*** Opening STORED DATA ***

//! Search trees that show what a search found.
#![tactic(auto)]

mod brancher;
mod judge;
mod laws;
mod steps;
mod tree;
mod walk;
mod whole;

pub use brancher::Brancher;
pub use judge::holds;
pub use laws::holding_tree_is_sound;
pub use sequence::NoMemory;
pub use tree::{Cut, Forest, Mark, Move, PartSplit, PartTree, Searched, Split, Tree};
pub use walk::search;
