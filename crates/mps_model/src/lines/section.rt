//! The sections of a model text.
ghost use Rattle.std.specs.Prelude.{◌≡◌, find, bytes_eq};
ghost use Rattle.mps_model.specs.Sections.{all_sections, word_of};

/// A section of a model text, by the word that begins it.
#[derive(Clone, Copy, Debug, PartialEq, Eq)]
pub enum Section {
    Name,
    Rows,
    Columns,
    Rhs,
    Ranges,
    Bounds,
    Endata,
}

impl Section {
    const ALL: [Section; 7] = [
        Section::Name,
        Section::Rows,
        Section::Columns,
        Section::Rhs,
        Section::Ranges,
        Section::Bounds,
        Section::Endata,
    ];

    fn word(self) -> &'static [u8]
        ensures { result.now ≡ word_of self }
    {
        match self {
            Section::Name => b"NAME",
            Section::Rows => b"ROWS",
            Section::Columns => b"COLUMNS",
            Section::Rhs => b"RHS",
            Section::Ranges => b"RANGES",
            Section::Bounds => b"BOUNDS",
            Section::Endata => b"ENDATA",
        }
    }

    /// The section that a word begins.
    pub(crate) fn from_word(word: &[u8]) -> Option<Section>
        ensures { result ≡ find (λ section. bytes_eq word.now (word_of section)) all_sections }
    {
        Section::ALL
            .iter()
            .copied()
            .find(|section| word == section.word())
    }
}
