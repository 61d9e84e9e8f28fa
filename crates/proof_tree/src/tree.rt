//! What a search tree is made of.
ghost use Rattle.std.specs.Prelude.{◌≡◌, [], ◌∷◌, ◌++◌, OnOk, OnErr, IfErr};

use farkas_rows::Line;
use sequence::NoMemory;
use spaces::{Form, Original, Vect};

/// Which rule chose a split.
#[derive(Clone, Copy, Debug, PartialEq, Eq, Drop)]
pub enum Mark {
    /// A thin direction.
    Thin,
    /// The first column that no slice fixes.
    Plain,
}

/// How a node is split: into the `count` slices on which the form has the values from `lo` on. No point that is looked for
/// lies below them or above them.
#[derive(Debug, Drop)]
pub struct Cut {
    /// A factor for each column.
    pub form: Form<Original>,
    /// The value of the first slice.
    pub lo: i128,
    /// How many slices there are. There may be none.
    pub count: i128,
    /// Why no point has a value below `lo`.
    pub below: Line,
    /// Why no point has a value of `lo + count` or more.
    pub above: Line,
    /// Which rule chose the split.
    pub mark: Mark,
}

/// A tree of nodes, each of which is closed by a line or split into slices.
#[derive(Debug, Drop)]
#[cycle(tree)]
pub enum Tree {
    /// A node that the line closes.
    Empty(Line),
    /// A node that is split.
    Split(Box<Split>),
}

/// A node that is split, with a tree for each of its slices in order.
#[derive(Debug, Drop)]
#[cycle(tree)]
pub struct Split {
    pub cut: Cut,
    pub children: Forest,
}

/// Trees in order.
#[derive(Debug, Drop)]
#[cycle(tree)]
pub struct Forest {
    pub trees: Vec<Tree>,
}

impl Forest {
    /// Puts a tree at the end. Where no memory is to be had, the tree comes back.
    pub fn push(&mut self, tree: Tree) -> Result<(), (Tree, NoMemory)>
        ensures ok { OnOk result (self.new.trees.items ≡ self.old.trees.items ++ tree ∷ []) }
        ensures err { OnErr result (self.new.trees.items ≡ self.old.trees.items) }
        ensures back { IfErr result (λ refused. refused.0 ≡ tree) }
    {
        match self.trees.push(tree) {
            Ok(()) => Ok(()),
            Err(refused) => Err((refused.value, NoMemory)),
        }
    }
}

/// A tree of which some nodes were not worked.
#[derive(Debug, Drop)]
#[cycle(part)]
pub enum PartTree {
    /// So many neighbours that were not worked, or the root.
    Open(i128),
    /// A node that the line closes.
    Empty(Line),
    /// A node that is split.
    Split(Box<PartSplit>),
}

/// A node that is split, with the parts that stand for its slices in order.
#[derive(Debug, Drop)]
#[cycle(part)]
pub struct PartSplit {
    pub cut: Cut,
    pub children: Vec<PartTree>,
}

/// What is done at a node.
#[derive(Debug, Drop)]
pub enum Move {
    /// The line shows that no better point is there.
    Close(Line),
    /// The node is split.
    Split(Cut),
    /// A point that is better than the best one that was known.
    Point(Vect<Original>),
}

/// What a search found.
#[derive(Debug, Drop)]
pub enum Searched {
    /// The tree shows that no point is better than the best one, or that there is none.
    Done {
        tree: Tree,
        best: Option<Vect<Original>>,
    },
    /// The budget is spent, and some node was not worked. The best point so far.
    Spent {
        part: PartTree,
        best: Option<Vect<Original>>,
    },
}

*** Closing STORED DATA ***

(AIM OF THE EXERCISE) Your answer should consist solely of the lines above from the line with "result ≡ find" to the line with "no slice fixes.", both included, reproduced exactly.

(PROBLEM SOLUTION)
        ensures { result ≡ find (λ section. bytes_eq word.now (word_of section)) all_sections }
    {
        Section::ALL
            .iter()
            .copied()
            .find(|section| word == section.word())
    }
}
repository 61d9e84e9e8f28fa
filename crates/proof_tree/src/tree.rt
//! What a search tree is made of.
ghost use Rattle.std.specs.Prelude.{◌≡◌, [], ◌∷◌, ◌++◌, OnOk, OnErr, IfErr};

use farkas_rows::Line;
use sequence::NoMemory;
use spaces::{Form, Original, Vect};

/// Which rule chose a split.
#[derive(Clone, Copy, Debug, PartialEq, Eq, Drop)]
pub enum Mark {
    /// A thin direction.
    Thin,
    /// The first column that no slice fixes.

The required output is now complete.